* _WHAT IS BEING ASKED_: In the records below, find the line that contains "place_from(line, 0, line[0]" and the line that contains "n once more.". Set down exactly those lines and every line between them, and nothing more.

(Saved data entries)
◇ ◇ ◇

// The line of those who wait for a block, over 193 lent numbers: how many wait, then tenant, level and passed count of each, the oldest first, and
// zeros behind them.
#![tactic(auto)]

ghost use Rattle.std.specs.Prelude.{◌≡◌, ℕ, ◌+◌, ◌-◌, ◌*◌, ◌≤◌, ◌<◌, [], ◌∷◌, ◌++◌, ltb, length, take, drop};
ghost use Rattle.line.specs.Line.{line_of, at, standing, waiting_count, waiting_in, waiting_of};
ghost use Rattle.line.specs.Order.{may_wait?, orderly?, line_in_order?};
ghost use Rattle.line.specs.Changes.{InForm, barred as Changes·barred, joined, once_more, place_of, place_chosen, front, without};

use table::passes::used;

// How many numbers a line has.
pub const NUMBERS: usize = 193;

// The most that wait.
pub const MOST: u16 = 64;

// How often one that waits may be passed.
const LIMIT: u16 = 8;

// The largest tenant number.
const LAST_TENANT: u16 = 4095;

// One who waits: its number, the level that it waits for, and its passed count.
#[derive(Clone, Copy)]
struct Waiting {
    tenant: u16,
    level: u16,
    passed: u16,
}

// The one at place i.
fn waiting_at(line: &[u16], i: usize) -> Waiting
    requires { 3 * i + 3 < length line.now }
    ensures { waiting_of result ≡ at line.now i }
{
    Waiting {
        tenant: line[3 * i + 1],
        level: line[3 * i + 2],
        passed: line[3 * i + 3],
    }
}

// Whether the numbers are a line in order, over the table.
pub fn in_order(height: u16, table: &[u16], line: &[u16]) -> bool
    requires { (length table.now ≡ 4096) × (length line.now ≡ 193) }
    ensures { result ≡ line_in_order? height table.now line.now }
{
    let count = line[0];
    if MOST < count {
        return false;
    }
    let n = count as usize;
    if used(&line[3 * n + 1..]) != 0 {
        return false;
    }
    orderly(height, table, line, n)
}

// Whether each of the first n may wait, and no tenant stands there twice.
fn orderly(height: u16, table: &[u16], line: &[u16], n: usize) -> bool
    requires { (length table.now ≡ 4096) × (3 * n < length line.now) × (n ≤ 64) }
    ensures { result ≡ orderly? height table.now (standing line.now 0 n) }
{
    for i in 0..n {
        let w = waiting_at(line, i);
        if !may_wait(height, table, w) {
            return false;
        }
        if place_from(line, i + 1, n, w.tenant) < n {
            return false;
        }
    }
    true
}

// Whether one may wait: not passed too often, a level of the reserve, a tenant's number, and nothing held.
fn may_wait(height: u16, table: &[u16], w: Waiting) -> bool
    requires { length table.now ≡ 4096 }
    ensures { result ≡ may_wait? height table.now (waiting_of w) }
{
    w.passed <= LIMIT
        && w.level <= height
        && w.tenant <= LAST_TENANT
        && table[usize::from(w.tenant)] == 0
}

// The place of a tenant, from a place on and below n; n if it stands at none.
fn place_from(line: &[u16], from: usize, n: usize, tenant: u16) -> usize
    requires { (3 * n < length line.now) × (from ≤ n) × (n ≤ 64) }
    ensures { result ≡ from + place_of tenant (standing line.now from (n - from)) }
{
    for i in from..n {
        if waiting_at(line, i).tenant == tenant {
            return i;
        }
    }
    n
}

// The functions below are handed over lent numbers, and their signatures are promised (docs/PROOFS.md): so `InForm` stands at each.

// The place of a tenant in line; the place behind the last if it is not in line.
#[tactic(auto, using(crate::proofs::Numbers::length_in_form, crate::proofs::Numbers::count_in_form))]
pub fn place_of(line: &[u16], tenant: u16) -> usize
    requires { InForm line.now }
    ensures { result ≡ place_of tenant (waiting_in line.now) }
{
    place_from(line, 0, line[0] as usize, tenant)
}

// Whether somebody in line was passed as often as may be.
#[tactic(auto, using(crate::proofs::Numbers::length_in_form, crate::proofs::Numbers::count_in_form))]
pub fn barred(line: &[u16]) -> bool
    requires { InForm line.now }
    ensures { result ≡ Changes·barred (waiting_in line.now) }
{
    let n = line[0] as usize;
    for i in 0..n {
        if LIMIT <= waiting_at(line, i).passed {
            return true;
        }
    }
    false
}

// The place of the first from the front whose level is one of the lowest so many, but of nobody behind one that was passed as often as may be; the
// place behind the last if there is none.
#[tactic(auto, using(crate::proofs::Numbers::length_in_form, crate::proofs::Numbers::count_in_form))]
pub fn choose(line: &[u16], levels: u16) -> usize
    requires { InForm line.now }
    ensures { result ≡ place_chosen (λ (l : ℕ). ltb l levels) (waiting_in line.now) }
{
    let n = line[0] as usize;
    for place in 0..n {
        let w = waiting_at(line, place);
        if w.level < levels {
            return place;
        }
        if LIMIT <= w.passed {
            return n;
        }
    }
    n
}

// Passes the first n once more.
#[tactic(auto, using(crate::proofs::Numbers::length_in_form, crate::proofs::Numbers::count_in_form))]
pub fn pass(line: &mut [u16], n: usize)
    requires { InForm line.old × (n ≤ waiting_count line.old) }
    ensures { line.new ≡ line_of (front once_more n (waiting_in line.old)) }
{
    for i in 0..n {
        line[3 * i + 3] += 1;
    }
}

// Puts a tenant at the end of a line that has a place left.
#[tactic(auto, using(crate::proofs::Numbers::length_in_form, crate::proofs::Numbers::count_in_form))]
pub fn join(line: &mut [u16], tenant: u16, level: u16)
    requires { InForm line.old × (waiting_count line.old < 64) }
    ensures { line.new ≡ line_of (joined tenant level (waiting_in line.old)) }
{
    let n = line[0] as usize;
    line[0] += 1;
    line[3 * n + 1] = tenant;
    line[3 * n + 2] = level;
}

// Takes the one at a place out of the line.
#[tactic(auto, using(crate::proofs::Numbers::length_in_form, crate::proofs::Numbers::count_in_form))]
pub fn take_out(line: &mut [u16], place: usize)
    requires { InForm line.old × (place < waiting_count line.old) }
    ensures { line.new ≡ line_of (without place (waiting_in line.old)) }
{
    close_gap(line, 3 * place + 1);
    line[0] -= 1;
}

// Moves the numbers behind the three from an index on up by three, and puts zeros at the end.
fn close_gap(line: &mut [u16], from: usize)
    requires { (length line.old ≡ 193) × (from + 3 ≤ 193) }
    ensures { line.new ≡ take from line.old ++ drop (from + 3) line.old ++ 0 ∷ 0 ∷ 0 ∷ [] }
{
    line.copy_within(from + 3..NUMBERS, from);
    line[NUMBERS - 3..NUMBERS].fill(0);
}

◇ ◇ ◇

* _FINISHED TASK_:
    place_from(line, 0, line[0] as usize, tenant)
}

// Whether somebody in line was passed as often as may be.
#[tactic(auto, using(crate::proofs::Numbers::length_in_form, crate::proofs::Numbers::count_in_form))]
pub fn barred(line: &[u16]) -> bool
    requires { InForm line.now }
    ensures { result ≡ Changes·barred (waiting_in line.now) }
{
    let n = line[0] as usize;
    for i in 0..n {
        if LIMIT <= waiting_at(line, i).passed {
            return true;
        }
    }
    false
}

// The place of the first from the front whose level is one of the lowest so many, but of nobody behind one that was passed as often as may be; the
// place behind the last if there is none.
#[tactic(auto, using(crate::proofs::Numbers::length_in_form, crate::proofs::Numbers::count_in_form))]
pub fn choose(line: &[u16], levels: u16) -> usize
    requires { InForm line.now }
    ensures { result ≡ place_chosen (λ (l : ℕ). ltb l levels) (waiting_in line.now) }
{
    let n = line[0] as usize;
    for place in 0..n {
        let w = waiting_at(line, place);
        if w.level < levels {
            return place;
        }
        if LIMIT <= w.passed {
            return n;
        }
    }
    n
}

// Passes the first n once more.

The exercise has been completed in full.